SUPPLIED RECORDS START

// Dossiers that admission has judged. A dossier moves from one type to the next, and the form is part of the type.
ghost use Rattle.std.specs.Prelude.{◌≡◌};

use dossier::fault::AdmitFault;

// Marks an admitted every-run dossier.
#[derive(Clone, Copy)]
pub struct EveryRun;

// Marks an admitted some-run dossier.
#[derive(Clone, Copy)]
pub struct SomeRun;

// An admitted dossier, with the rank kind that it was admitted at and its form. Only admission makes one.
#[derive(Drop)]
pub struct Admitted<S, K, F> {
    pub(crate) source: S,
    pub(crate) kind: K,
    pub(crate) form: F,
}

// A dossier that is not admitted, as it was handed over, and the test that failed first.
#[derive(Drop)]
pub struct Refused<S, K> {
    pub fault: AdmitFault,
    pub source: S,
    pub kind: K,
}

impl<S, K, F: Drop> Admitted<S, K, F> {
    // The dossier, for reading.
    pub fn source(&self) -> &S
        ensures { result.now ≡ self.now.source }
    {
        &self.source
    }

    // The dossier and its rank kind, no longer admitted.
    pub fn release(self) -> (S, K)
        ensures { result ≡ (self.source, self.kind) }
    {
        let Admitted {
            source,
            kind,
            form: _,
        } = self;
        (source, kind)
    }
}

SUPPLIED RECORDS END
SUPPLIED RECORDS START

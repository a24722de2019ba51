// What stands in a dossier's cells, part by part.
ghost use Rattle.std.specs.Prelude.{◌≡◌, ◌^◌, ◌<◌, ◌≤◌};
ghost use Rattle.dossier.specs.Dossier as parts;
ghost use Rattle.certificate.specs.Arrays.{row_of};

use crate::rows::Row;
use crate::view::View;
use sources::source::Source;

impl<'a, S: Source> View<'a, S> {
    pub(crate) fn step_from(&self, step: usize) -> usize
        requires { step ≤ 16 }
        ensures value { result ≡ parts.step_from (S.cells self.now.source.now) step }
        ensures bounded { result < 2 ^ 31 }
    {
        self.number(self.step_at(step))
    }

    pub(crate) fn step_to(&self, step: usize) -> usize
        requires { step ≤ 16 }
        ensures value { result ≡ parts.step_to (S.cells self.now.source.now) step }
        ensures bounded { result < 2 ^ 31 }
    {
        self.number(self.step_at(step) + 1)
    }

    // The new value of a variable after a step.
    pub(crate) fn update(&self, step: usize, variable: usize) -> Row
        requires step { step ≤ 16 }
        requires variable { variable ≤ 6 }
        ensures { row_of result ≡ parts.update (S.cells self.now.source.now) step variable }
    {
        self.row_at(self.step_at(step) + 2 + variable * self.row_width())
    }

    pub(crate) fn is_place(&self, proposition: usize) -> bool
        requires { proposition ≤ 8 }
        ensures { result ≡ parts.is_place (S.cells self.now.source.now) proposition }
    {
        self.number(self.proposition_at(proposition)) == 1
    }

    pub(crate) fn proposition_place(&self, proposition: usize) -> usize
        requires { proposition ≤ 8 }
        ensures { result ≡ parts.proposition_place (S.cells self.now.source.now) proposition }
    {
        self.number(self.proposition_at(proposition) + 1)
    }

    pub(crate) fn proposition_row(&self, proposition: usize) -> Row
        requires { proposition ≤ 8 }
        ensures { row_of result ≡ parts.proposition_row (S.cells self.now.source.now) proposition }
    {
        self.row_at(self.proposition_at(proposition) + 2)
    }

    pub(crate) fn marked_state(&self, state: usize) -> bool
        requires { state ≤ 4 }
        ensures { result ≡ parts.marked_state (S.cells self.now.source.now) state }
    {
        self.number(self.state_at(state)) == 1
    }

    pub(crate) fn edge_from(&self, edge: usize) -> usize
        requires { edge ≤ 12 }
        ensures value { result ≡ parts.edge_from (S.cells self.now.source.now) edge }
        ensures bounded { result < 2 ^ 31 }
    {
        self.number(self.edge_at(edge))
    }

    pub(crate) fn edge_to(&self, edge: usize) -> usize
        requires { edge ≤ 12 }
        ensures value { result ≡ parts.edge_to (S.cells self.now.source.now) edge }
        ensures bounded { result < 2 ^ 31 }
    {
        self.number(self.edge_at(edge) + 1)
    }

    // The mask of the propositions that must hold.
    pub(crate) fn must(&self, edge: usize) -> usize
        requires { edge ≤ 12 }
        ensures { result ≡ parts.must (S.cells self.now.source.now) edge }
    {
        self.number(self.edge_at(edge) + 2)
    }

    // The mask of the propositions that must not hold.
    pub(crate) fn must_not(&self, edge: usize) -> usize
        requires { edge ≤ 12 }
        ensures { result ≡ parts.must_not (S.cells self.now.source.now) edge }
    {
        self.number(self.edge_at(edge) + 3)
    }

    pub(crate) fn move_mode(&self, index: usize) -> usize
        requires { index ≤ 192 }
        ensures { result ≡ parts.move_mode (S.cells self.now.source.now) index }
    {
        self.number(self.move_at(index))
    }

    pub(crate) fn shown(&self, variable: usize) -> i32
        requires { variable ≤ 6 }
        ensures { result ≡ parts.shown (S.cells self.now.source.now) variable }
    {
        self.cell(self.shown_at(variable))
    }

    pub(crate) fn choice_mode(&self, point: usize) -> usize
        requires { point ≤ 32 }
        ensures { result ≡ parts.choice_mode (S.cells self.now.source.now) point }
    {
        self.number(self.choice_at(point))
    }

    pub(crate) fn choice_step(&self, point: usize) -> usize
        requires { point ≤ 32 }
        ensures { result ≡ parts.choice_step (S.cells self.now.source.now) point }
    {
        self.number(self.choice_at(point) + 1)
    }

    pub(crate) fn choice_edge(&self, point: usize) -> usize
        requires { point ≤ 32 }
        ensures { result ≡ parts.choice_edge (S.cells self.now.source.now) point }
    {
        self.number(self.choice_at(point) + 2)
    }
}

SUPPLIED RECORDS END

TO DO
Could you repeat exactly the lines above from the line with "admitted every-run dossier." up to and including the line with "pub struct Admitted<S, K, F>", and only those?

RESULT OF THIS TASK
// Marks an admitted every-run dossier.
#[derive(Clone, Copy)]
pub struct EveryRun;

// Marks an admitted some-run dossier.
#[derive(Clone, Copy)]
pub struct SomeRun;

// An admitted dossier, with the rank kind that it was admitted at and its form. Only admission makes one.
#[derive(Drop)]
pub struct Admitted<S, K, F> {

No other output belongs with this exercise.